Harvard team claims 'crack resistance' advance in reinforced rubber

Boston, Massachusetts – Researchers at Harvard University have reported new research findings that could significantly enhance the ability of particle-reinforced rubber materials to bear high loads and resist crack-growth over repeated use.

The team, led by Zhigang Suo, professor of mechanics and materials at School of Engineering and Applied Sciences (SEAS), found that a 'multi-scale approach' could surprisingly improved the performance, longevity and sustainability of rubber products such as tires.

Rubber is generally reinforced by rigid particles such as carbon black and silica for a range of applications, including tires, hoses, and dampeners, set out a release issued 15 Dec by the US university.

The particles greatly improve the stiffness of rubbers, but not the resistance to crack growth when the material is cyclically stretched, i.e. fatigue threshold.

Indeed, according to the university researchers, the fatigue-threshold of particle-reinforced rubbers “has not improved much since it was first measured in the 1950s”.

The Harvard team had previously succeeded in "markedly increasing" the fatigue-threshold of rubbers by lengthening polymer chains and densifying entanglements.
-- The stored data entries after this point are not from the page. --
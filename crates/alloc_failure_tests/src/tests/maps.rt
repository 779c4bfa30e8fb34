//! Stages a run of addends into a map, and makes a map of the images of the values. A failed allocation doesn't change the
//! committed entries. With ample capacity, the images can be made, and the whole run can be staged after a rollback.

use super::heap::{Call, check_rising, narrow, widen};
use super::made;
use bumpalo::Bump;
use covmap::{Addend, Image, ReportingAddend, StagedMap, Value};
use std::alloc::{AllocError, Allocator};
use std::process::Abort;
use std::test::*;

/// An addend that replaces the value of its key, and reports the new value.
#[derive(Clone, Copy)]
struct Newest {
    value: u64,
}

impl Addend<u64> for Newest {
    ghost fits = { λ newest value. Unit {0} };

    ghost sum = { λ newest value. newest.value };

    fn plus(self, _value: &Option<u64>) -> u64 {
        self.value
    }
}

impl ReportingAddend<u64, u64> for Newest {
    ghost use Rattle.std.specs.Prelude.{Some};

    ghost reports = { λ newest before after. Some after };

    fn report(self, _before: &Option<u64>, after: &u64) -> Option<u64> {
        Some(*after)
    }
}

/// Stages a run, and returns the reports of its addends.
fn stage<A: Allocator + Copy>(
    alloc: A,
    map: &mut StagedMap<u64, u64, A>,
    run: &[(u64, Newest)],
) -> Result<Vec<(u64, u64), A>, AllocError> {
    let mut reports = Vec::new(alloc);
    map.stage_run(alloc, run, &mut reports)?;
    Ok(reports)
}

/// A map with one committed entry.
fn one_entry<A: Allocator + Copy>(alloc: A) -> Result<StagedMap<u64, u64, A>, AllocError> {
    let mut map = StagedMap::new(alloc);
    map.stage(alloc, 4, 40)?;
    map.commit();
    Ok(map)
}

/// Checks that the committed entries are `wanted`, each a key and its value.
fn check_entries<A: Allocator + Copy>(
    rt: &impl Abort,
    map: &StagedMap<u64, u64, A>,
    wanted: &[(u64, u64)],
) {
    let mut entries = map.entries();
    for (key, value) in wanted {
        let Some((found, held)) = entries.next() else {
            panic!(rt; "an entry is missing");
        };
        assert!(rt; *found == *key && *held == *value, "the entry of {key}");
    }
    assert!(rt; entries.next().is_none(), "too many entries");
}

/// A run with keys before, at and after the key of `one_entry`.
const RUN: [(u64, Newest); 3] = [
    (2, Newest { value: 21 }),
    (4, Newest { value: 41 }),
    (9, Newest { value: 91 }),
];

/// Stages `RUN`, and returns whether an allocation failed. Leaves the heap with ample capacity.
fn is_run_refused<'h>(
    rt: &impl Abort,
    heap: &'h Bump,
    map: &mut StagedMap<u64, u64, &'h Bump>,
) -> bool {
    let staged = stage(heap, map, &RUN);
    widen(heap);
    match staged {
        Ok(reports) => {
            assert_eq!(rt; reports.len(), 3);
            false
        }
        Err(_refused) => true,
    }
}

/// Stages and commits `RUN` in a map with one entry.
fn a_run(rt: &impl Abort, heap: &Bump, room: usize) -> bool {
    let mut map = made(rt, one_entry(heap));
    narrow(rt, heap, room);
    let is_refused = is_run_refused(rt, heap, &mut map);
    check_entries(rt, &map, &[(4, 40)]);
    if is_refused {
        map.rollback();
        assert!(rt;
            !is_run_refused(rt, heap, &mut map),
            "refused with ample memory"
        );
    }
    map.commit();
    check_entries(rt, &map, &[(2, 21), (4, 41), (9, 91)]);
    is_refused
}

/// The image of a number: the number itself.
#[derive(Clone, Copy)]
struct Wrapped {
    number: u64,
}

impl Value for Wrapped {
    fn copy(&self) -> Wrapped {
        *self
    }
}

impl Image<u64> for Wrapped {
    ghost image = { λ number. record { number = number } };

    fn of(value: &u64) -> Wrapped {
        Wrapped { number: *value }
    }
}

/// Returns a map with the images of the values of `map`.
fn images_of<A: Allocator + Copy>(
    alloc: A,
    map: &StagedMap<u64, u64, A>,
) -> Result<StagedMap<u64, Wrapped, A>, AllocError> {
    map.images(alloc)
}

/// Makes a map of the images of a committed and a staged value.
fn images(rt: &impl Abort, heap: &Bump, room: usize) -> bool {
    let mut map = made(rt, one_entry(heap));
    made(rt, map.stage(heap, 9, 90));
    narrow(rt, heap, room);
    let first = images_of(heap, &map);
    widen(heap);
    let (mut images, is_refused) = match first {
        Ok(images) => (images, false),
        Err(_refused) => (made(rt, images_of(heap, &map)), true),
    };
    let staged = images.lookup_staged(9);
    assert!(rt; matches!(staged, Some(Wrapped { number: 90 })));
    assert!(rt; matches!(images.lookup(4), Some(Wrapped { number: 40 })));
    map.commit();
    check_entries(rt, &map, &[(4, 40), (9, 90)]);
    is_refused
}

/// What is made in or of a map.
#[derive(Clone, Copy)]
pub(super) enum Mapped {
    Run,
    Images,
}

/// Stages a run or makes images with a capacity of `room`, and returns whether an allocation failed.
pub(super) fn is_refused(rt: &impl Abort, heap: &Bump, room: usize, mapped: Mapped) -> bool {
    match mapped {
        Mapped::Run => a_run(rt, heap, room),
        Mapped::Images => images(rt, heap, room),
    }
}

#[test]
fn runs_and_images(rt: HostRuntime) {
    check_rising(&rt, &[Call::Map(Mapped::Run), Call::Map(Mapped::Images)]);
}
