//! Operations with the answers and totals that are expected of them.

use super::check_bytes;
use super::texts::{CHECKED, CLASHING, SMALL};
use super::wrappers::{Asked, op_of};
use covbook::{Answer, Entry, Op};
use covtable::Totals;
use std::alloc::Allocator;
use std::process::Abort;
use std::test::*;

/// An expected answer.
#[derive(Clone, Copy)]
pub(super) enum Wanted<'a> {
    /// The submission's number and its number of items. No line is inconsistent.
    Accepted(u64, u64),
    /// The clash between `CHECKED` and `CLASHING`.
    Clash,
    Dropped(u64),
    Renamed(u64),
    NoSuchTest,
    Text(&'a [u8]),
}

/// Checks that the answer is `wanted`.
pub(super) fn check_answer<A: Allocator>(rt: &impl Abort, answer: &Answer<A>, wanted: Wanted<'_>) {
    match (answer, wanted) {
        (Answer::Accepted { number, items, odd }, Wanted::Accepted(place, count)) => {
            assert_eq!(rt; (*number, *items, *odd), (place, count, 0));
        }
        (
            Answer::Clash {
                file,
                line,
                held,
                given,
            },
            Wanted::Clash,
        ) => check_clash(rt, file.get(), *line, held.get(), given.get()),
        (Answer::Dropped { sections }, Wanted::Dropped(count))
        | (Answer::Renamed { sections }, Wanted::Renamed(count)) => {
            assert_eq!(rt; *sections, count);
        }
        (Answer::NoSuchTest, Wanted::NoSuchTest) => {}
        (Answer::Text(printed), Wanted::Text(text)) => check_bytes(rt, printed.get().get(), text),
        _ => panic!(rt; "another answer"),
    }
}

/// Checks the file, the line and the two checksums of a clash between `CHECKED` and `CLASHING`.
fn check_clash(rt: &impl Abort, file: &[u8], line: u64, held: &[u8], given: &[u8]) {
    assert_eq!(rt; line, 1);
    check_bytes(rt, file, b"/a.c");
    check_bytes(rt, held, b"abc");
    check_bytes(rt, given, b"abd");
}

/// Checks that `op` is the operation of `step`, and that the answer and the totals are those that `step` expects.
pub(super) fn check_told<A: Allocator + Copy>(
    rt: &impl Abort,
    alloc: A,
    op: &Op<A>,
    answer: &Answer<A>,
    totals: Totals,
    step: Step<'_>,
) {
    assert!(rt;
        op.is_same(&op_of(rt, alloc, step.asked)),
        "another operation"
    );
    check_answer(rt, answer, step.wanted);
    assert_eq!(rt; (totals.lf, totals.lh), step.lines);
}

/// Checks that `entry` is an entry of `job`, and checks its operation, answer and totals by `check_told`.
pub(super) fn check_entry<A: Allocator + Copy>(
    rt: &impl Abort,
    alloc: A,
    entry: Option<&Entry<A>>,
    job: u32,
    step: Step<'_>,
) {
    let Some(entry) = entry else {
        panic!(rt; "no entry");
    };
    assert_eq!(rt; entry.job, job);
    check_told(rt, alloc, &entry.op, &entry.answer, entry.after, step);
}

/// An operation, its expected answer, and the expected numbers of lines found and hit after the operation.
#[derive(Clone, Copy)]
pub(super) struct Step<'a> {
    pub(super) asked: Asked<'a>,
    pub(super) wanted: Wanted<'a>,
    pub(super) lines: (u64, u64),
}

/// The first step of a book in which an operation is tried.
pub(super) const BEGUN: Step<'static> = Step {
    asked: Asked::Submit(CHECKED),
    wanted: Wanted::Accepted(1, 2),
    lines: (2, 1),
};

/// The steps that are tried in a book after the step `BEGUN`.
pub(super) const STEPS: &[Step<'static>] = &[
    Step {
        asked: Asked::Submit(SMALL),
        wanted: Wanted::Accepted(2, 2),
        lines: (2, 1),
    },
    Step {
        asked: Asked::Submit(CLASHING),
        wanted: Wanted::Clash,
        lines: (2, 1),
    },
    Step {
        asked: Asked::SubmitPacked(SMALL),
        wanted: Wanted::Accepted(2, 2),
        lines: (2, 1),
    },
    Step {
        asked: Asked::SubmitPacked(CLASHING),
        wanted: Wanted::Clash,
        lines: (2, 1),
    },
    Step {
        asked: Asked::Drop(b"t"),
        wanted: Wanted::Dropped(1),
        lines: (0, 0),
    },
    Step {
        asked: Asked::Drop(b"x"),
        wanted: Wanted::NoSuchTest,
        lines: (2, 1),
    },
    Step {
        asked: Asked::Rename(b"t", b"v"),
        wanted: Wanted::Renamed(1),
        lines: (2, 1),
    },
    Step {
        asked: Asked::Rename(b"x", b"v"),
        wanted: Wanted::NoSuchTest,
        lines: (2, 1),
    },
    Step {
        asked: Asked::Report,
        wanted: Wanted::Text(CHECKED),
        lines: (2, 1),
    },
    Step {
        asked: Asked::Extract(&[b"*.c"]),
        wanted: Wanted::Text(CHECKED),
        lines: (2, 1),
    },
    Step {
        asked: Asked::Remove(&[b"*.c"]),
        wanted: Wanted::Text(b""),
        lines: (2, 1),
    },
    Step {
        asked: Asked::Summary,
        wanted: Wanted::Text(SUMMARY),
        lines: (2, 1),
    },
];

/// The summary of `CHECKED`.
const SUMMARY: &[u8] = b"\
Summary coverage rate:
  lines......: 50.0% (1 of 2 lines)
  functions..: no data found
  branches...: no data found
";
This time, they added silica particles to their highly-entangled rubber molecules, assuming – as widely understood – that the particles would increase stiffness but not affect fatigue-threshold.

The actual research findings came as "quite a surprise,” reported Jason Steck, a former graduate student at SEAS and co-first author of the paper.

“We did not expect that adding particles would increase the fatigue-threshold, but we discovered that it increased by a factor of ten.”

In the Harvard team’s material, the polymer chains are long and highly entangled, while the particles are clustered and covalently bonded to the polymer chains.

“As it turns out,” said Junsoo Kim, a former graduate student at SEAS and co-first author of the paper, the material “deconcentrates” stress around a crack over two length scales: the scale of polymer chains, and the scale of particles.

“This combination stops the growth of a crack in the material,” he added.

The team demonstrated their approach by cutting a crack in a piece of their material and then stretching it tens of thousands of times.

In these experiments, the crack never grew, according to the Harvard statement.

“Our approach of multiscale stress deconcentration expands the space of material properties, opening doors to curtailing polymer-pollution and building high-performance soft machines,” said Suo.

Traditional approaches, said co-author Yakov Kutsovsky, “missed these critical insights of using multi-scale stress deconcentration to achieve high performance elastomeric materials for broad industrial uses.”

According to Kutsovsky, the design principles can be applicable to a wide range of industries, including high-volume applications such as tires and industrial rubber goods, as well as emerging applications such as wearable devices.